Max Verstappen was interviewed on TV as he walked to his car on the Brazilian Grand Prix grid. Asked if he was going to win, he replied that a win was unrealistic from fifth but he was targeting the podium. Asked why a win was unrealistic, he reasoned that he wasn’t going to be able to pass four cars from two teams, because the teams could always use one car to delay him. Yet remarkably, he proceeded to pass all four of those cars on track, his Red Bull scything past the two Ferraris and two Mercedes to be in control of the race by half-distance. How was that even possible? It was to do with the black art of tyres. The Red Bull treated its rubber vastly better than the Mercedes or Ferrari and could run at a much harder pace without inducing blistering.

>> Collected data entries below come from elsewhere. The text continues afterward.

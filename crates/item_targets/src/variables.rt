//! Declarations in blocks: the names that they bring in force, and the calls and signals in their initialisers.

ghost use Rattle.std.specs.Prelude.{map};
ghost use Rattle.std.specs.Option.{option_map};
ghost use Rattle.nesc_tree.specs.View.{base_of, spec_of};
ghost use Rattle.elab_meaning.specs.View.{based_of};
ghost use Rattle.body_meaning.specs.View.{decl_of, start_of, variable_of};
ghost use Rattle.item_targets.specs.Search.{Adds};
ghost use Rattle.item_targets.specs.Walk.{local_at, started_at, type_at, typed_at, variable_at, variables_at, variables_by_at};

use crate::elements::Reaches;
use crate::expressions::in_expr;
use crate::initialisers::in_maybe_init;
use crate::search::Search;
use crate::walk::Walk;
use elab_meaning::Based;
use nesc_tree::{Base, Decl, ForStart, TypeSpec, Variable};
use nm_base::{List, NoMemory, Pos};

#[tactic(auto, unfolding(crate::specs::Search::Adds))]
fn in_variable<R: Reaches>(
    walk: &Walk<'_, R>,
    search: &mut Search,
    b: &Option<Based>,
    said: bool,
    v: &Variable,
) -> Result<(), NoMemory>
    ensures { Adds result (variable_at R.reach walk.now (option_map based_of b.now) said (variable_of v.now)) search.old search.new }
{
    search.scopes.variable(walk.alloc, walk.early, b, said, v)?;
    in_maybe_init(walk, search, &v.init)
}

#[tactic(auto, unfolding(crate::specs::Search::Adds))]
fn in_variables_by<R: Reaches>(
    walk: &Walk<'_, R>,
    search: &mut Search,
    b: &Option<Based>,
    said: bool,
    variables: &List<Variable>,
) -> Result<(), NoMemory>
    ensures { Adds result (variables_by_at R.reach walk.now (option_map based_of b.now) said (map variable_of variables.now)) search.old search.new }
{
    for v in variables.as_slice() {
        in_variable(walk, search, b, said, v)?;
    }
    Ok(())
}

#[tactic(auto, unfolding(crate::specs::Search::Adds))]
fn in_typed<R: Reaches>(
    walk: &Walk<'_, R>,
    search: &mut Search,
    at: Pos,
    base: &Base,
    said: bool,
    variables: &List<Variable>,
) -> Result<(), NoMemory>
    ensures { Adds result (typed_at R.reach walk.now at (base_of base.now) said (map variable_of variables.now)) search.old search.new }
{
    let b = search.scopes.base(walk.alloc, walk.early, base, at)?;
    in_variables_by(walk, search, &b, said, variables)
}

/// Declares variables, and adds what is in their initialisers.
#[tactic(auto, unfolding(crate::specs::Search::Adds, crate::specs::Walk::typed_at, crate::specs::Walk::variables_at))]
pub(crate) fn in_variables<R: Reaches>(
    walk: &Walk<'_, R>,
    search: &mut Search,
    at: Pos,
    t: &TypeSpec,
    variables: &List<Variable>,
) -> Result<(), NoMemory>
    ensures { Adds result (variables_at R.reach walk.now at (spec_of t.now) (map variable_of variables.now)) search.old search.new }
{
    in_typed(walk, search, at, &t.base, t.is_const, variables)
}

#[tactic(auto, unfolding(crate::specs::Search::Adds))]
fn in_type<R: Reaches>(
    walk: &Walk<'_, R>,
    search: &mut Search,
    at: Pos,
    d: &Decl,
) -> Result<(), NoMemory>
    ensures { Adds result (type_at R.reach walk.now at (decl_of d.now)) search.old search.new }
{
    search.scopes.declare_type(walk.alloc, walk.early, d, at)
}

/// A declaration in a block.
#[tactic(auto, unfolding(crate::specs::Search::Adds, crate::specs::Walk::local_at, crate::specs::Walk::type_at, crate::specs::Walk::variables_at))]
pub(crate) fn in_local<R: Reaches>(
    walk: &Walk<'_, R>,
    search: &mut Search,
    at: Pos,
    d: &Decl,
) -> Result<(), NoMemory>
    ensures { Adds result (local_at R.reach walk.now at (decl_of d.now)) search.old search.new }
{
    match d {
        Decl::Typedef { .. } => in_type(walk, search, at, d),
        Decl::TypeOnly(_, _) => in_type(walk, search, at, d),
        Decl::Vars(group) => in_variables(walk, search, at, &group.ty, &group.vars),
        Decl::Func { .. } => Ok(()),
    }
}

/// What stands before a loop.
#[tactic(auto, unfolding(crate::specs::Search::Adds, crate::specs::Walk::expr_at, crate::specs::Walk::started_at, crate::specs::Walk::variables_at))]
pub(crate) fn in_start<R: Reaches>(
    walk: &Walk<'_, R>,
    search: &mut Search,
    at: Pos,
    start: &ForStart,
) -> Result<(), NoMemory>
    ensures { Adds result (started_at R.reach walk.now at (start_of start.now)) search.old search.new }
{
    match start {
        ForStart::Nothing => Ok(()),
        ForStart::Eval(e) => in_expr(walk, search, e),
        ForStart::Vars(group) => in_variables(walk, search, at, &group.ty, &group.vars),
    }
}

It’s absolutely vital that a tyre runs at the correct temperature – and that operating temperature window can be very narrow. If the tyre is too cool it will be rigid and gripless. Too hot and it will begin to melt and blister. That ‘goldilocks’ range is between around 100 and 140 degrees Celsius, depending on the compound. Formula 1 race engineers focus a huge amount of attention on getting the tyres into the appropriate window.
As Red Bull’s chief engineer Paul Monaghan explains: “What you are trying to do is get the tyres up to temperature quickly in qualifying and keep them there, but then not having that temperature punch through the roof in the race. It’s extremely difficult.”
The tyre consists of a core carcass, sidewall and tread. The tyre’s elasticity is a critical part in it generating grip. As the tyre is loaded up it bends and it is its reaction against that, as it tries to pull itself back into shape, which creates the opposing force that gives the grip. This is determined partly by the tyre’s structure and partly by how the tread bonds chemically with the surface of the track. For the tread to bond properly and stick itself to the track requires that it is at the correct temperature.
If the tyre’s construction is not supportive enough, the tyre’s surface will be overwhelmed. Either the compound will not reach the critical threshold at which it begins to bond, or it will overheat and go beyond the upper threshold. The tyre’s core needs to be at the correct temperature to have enough elasticity in it that it can bend and thereby support the tread. So there are two crucial but inter-related temperatures. The tyre blankets applied before the car leaves the garage initiate this heating process through the sidewalls and tread. But they can only do part of the job and cannot penetrate deeply enough into the tyre’s core to give it the required all-round temperature. The job has to be completed by the car putting the tyre under load out on track.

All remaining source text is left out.